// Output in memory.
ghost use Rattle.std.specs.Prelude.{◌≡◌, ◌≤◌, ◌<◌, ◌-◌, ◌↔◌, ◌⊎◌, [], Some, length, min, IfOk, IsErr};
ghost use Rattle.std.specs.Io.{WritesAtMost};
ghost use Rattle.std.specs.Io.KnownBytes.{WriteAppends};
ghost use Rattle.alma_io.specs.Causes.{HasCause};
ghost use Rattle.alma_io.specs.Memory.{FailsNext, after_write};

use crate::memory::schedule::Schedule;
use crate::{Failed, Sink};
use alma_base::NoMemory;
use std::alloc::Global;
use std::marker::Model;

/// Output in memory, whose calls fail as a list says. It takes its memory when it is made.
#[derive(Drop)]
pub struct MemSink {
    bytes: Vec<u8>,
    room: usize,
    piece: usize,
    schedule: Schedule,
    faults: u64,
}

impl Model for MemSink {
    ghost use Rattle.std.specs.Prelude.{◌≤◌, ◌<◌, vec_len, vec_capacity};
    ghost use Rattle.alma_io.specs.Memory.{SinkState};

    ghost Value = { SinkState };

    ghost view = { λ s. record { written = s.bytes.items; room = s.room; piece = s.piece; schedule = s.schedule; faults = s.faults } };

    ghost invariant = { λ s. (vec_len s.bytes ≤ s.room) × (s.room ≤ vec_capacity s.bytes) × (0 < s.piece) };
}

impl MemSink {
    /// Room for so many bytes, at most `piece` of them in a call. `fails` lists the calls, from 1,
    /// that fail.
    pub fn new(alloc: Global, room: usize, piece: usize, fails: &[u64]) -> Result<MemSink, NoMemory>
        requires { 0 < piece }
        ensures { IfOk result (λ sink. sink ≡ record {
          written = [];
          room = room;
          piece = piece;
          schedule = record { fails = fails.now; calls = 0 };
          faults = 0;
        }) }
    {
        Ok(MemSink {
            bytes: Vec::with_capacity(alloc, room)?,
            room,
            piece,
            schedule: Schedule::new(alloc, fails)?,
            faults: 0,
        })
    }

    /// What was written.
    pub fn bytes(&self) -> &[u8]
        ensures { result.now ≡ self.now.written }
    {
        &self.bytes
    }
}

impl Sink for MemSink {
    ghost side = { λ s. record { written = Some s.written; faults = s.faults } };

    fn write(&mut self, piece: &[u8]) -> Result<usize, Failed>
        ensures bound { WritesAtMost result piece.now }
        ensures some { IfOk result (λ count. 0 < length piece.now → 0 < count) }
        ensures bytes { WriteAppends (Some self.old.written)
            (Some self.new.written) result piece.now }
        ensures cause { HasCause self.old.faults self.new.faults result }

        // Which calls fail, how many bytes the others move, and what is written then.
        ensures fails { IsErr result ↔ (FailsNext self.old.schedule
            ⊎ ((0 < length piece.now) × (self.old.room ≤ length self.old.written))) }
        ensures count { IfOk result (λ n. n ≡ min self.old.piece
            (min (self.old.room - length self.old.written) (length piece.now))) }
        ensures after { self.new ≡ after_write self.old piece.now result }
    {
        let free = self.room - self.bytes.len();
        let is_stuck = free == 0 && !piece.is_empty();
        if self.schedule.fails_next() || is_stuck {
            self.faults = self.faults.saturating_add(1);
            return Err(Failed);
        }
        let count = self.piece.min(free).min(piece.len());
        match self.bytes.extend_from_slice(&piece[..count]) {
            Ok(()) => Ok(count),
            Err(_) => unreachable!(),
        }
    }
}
- - -
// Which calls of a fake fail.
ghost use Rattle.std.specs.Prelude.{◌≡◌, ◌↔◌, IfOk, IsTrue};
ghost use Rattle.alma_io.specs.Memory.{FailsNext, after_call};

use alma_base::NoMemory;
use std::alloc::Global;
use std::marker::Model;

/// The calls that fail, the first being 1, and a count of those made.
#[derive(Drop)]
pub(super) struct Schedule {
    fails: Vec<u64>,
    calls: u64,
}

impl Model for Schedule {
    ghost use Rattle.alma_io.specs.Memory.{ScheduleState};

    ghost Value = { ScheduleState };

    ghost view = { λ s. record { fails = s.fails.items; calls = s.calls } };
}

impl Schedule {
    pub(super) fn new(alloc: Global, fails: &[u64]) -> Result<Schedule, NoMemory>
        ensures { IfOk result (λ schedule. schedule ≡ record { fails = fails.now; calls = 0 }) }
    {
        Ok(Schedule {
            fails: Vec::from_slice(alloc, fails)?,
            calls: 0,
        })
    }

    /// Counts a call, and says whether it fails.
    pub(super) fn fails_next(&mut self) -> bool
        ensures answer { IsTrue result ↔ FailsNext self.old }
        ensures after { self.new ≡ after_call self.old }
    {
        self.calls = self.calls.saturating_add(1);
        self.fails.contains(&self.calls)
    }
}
- - -
#### WHAT IS BEING ASKED
Give back precisely the lines above that start at the line containing "faults = 0;" and end at the line containing "impl Sink for", inclusive. No other lines belong in the output.

#### RESPONSE
          faults = 0;
        }) }
    {
        Ok(MemSink {
            bytes: Vec::with_capacity(alloc, room)?,
            room,
            piece,
            schedule: Schedule::new(alloc, fails)?,
            faults: 0,
        })
    }

    /// What was written.
    pub fn bytes(&self) -> &[u8]
        ensures { result.now ≡ self.now.written }
    {
        &self.bytes
    }
}

impl Sink for MemSink {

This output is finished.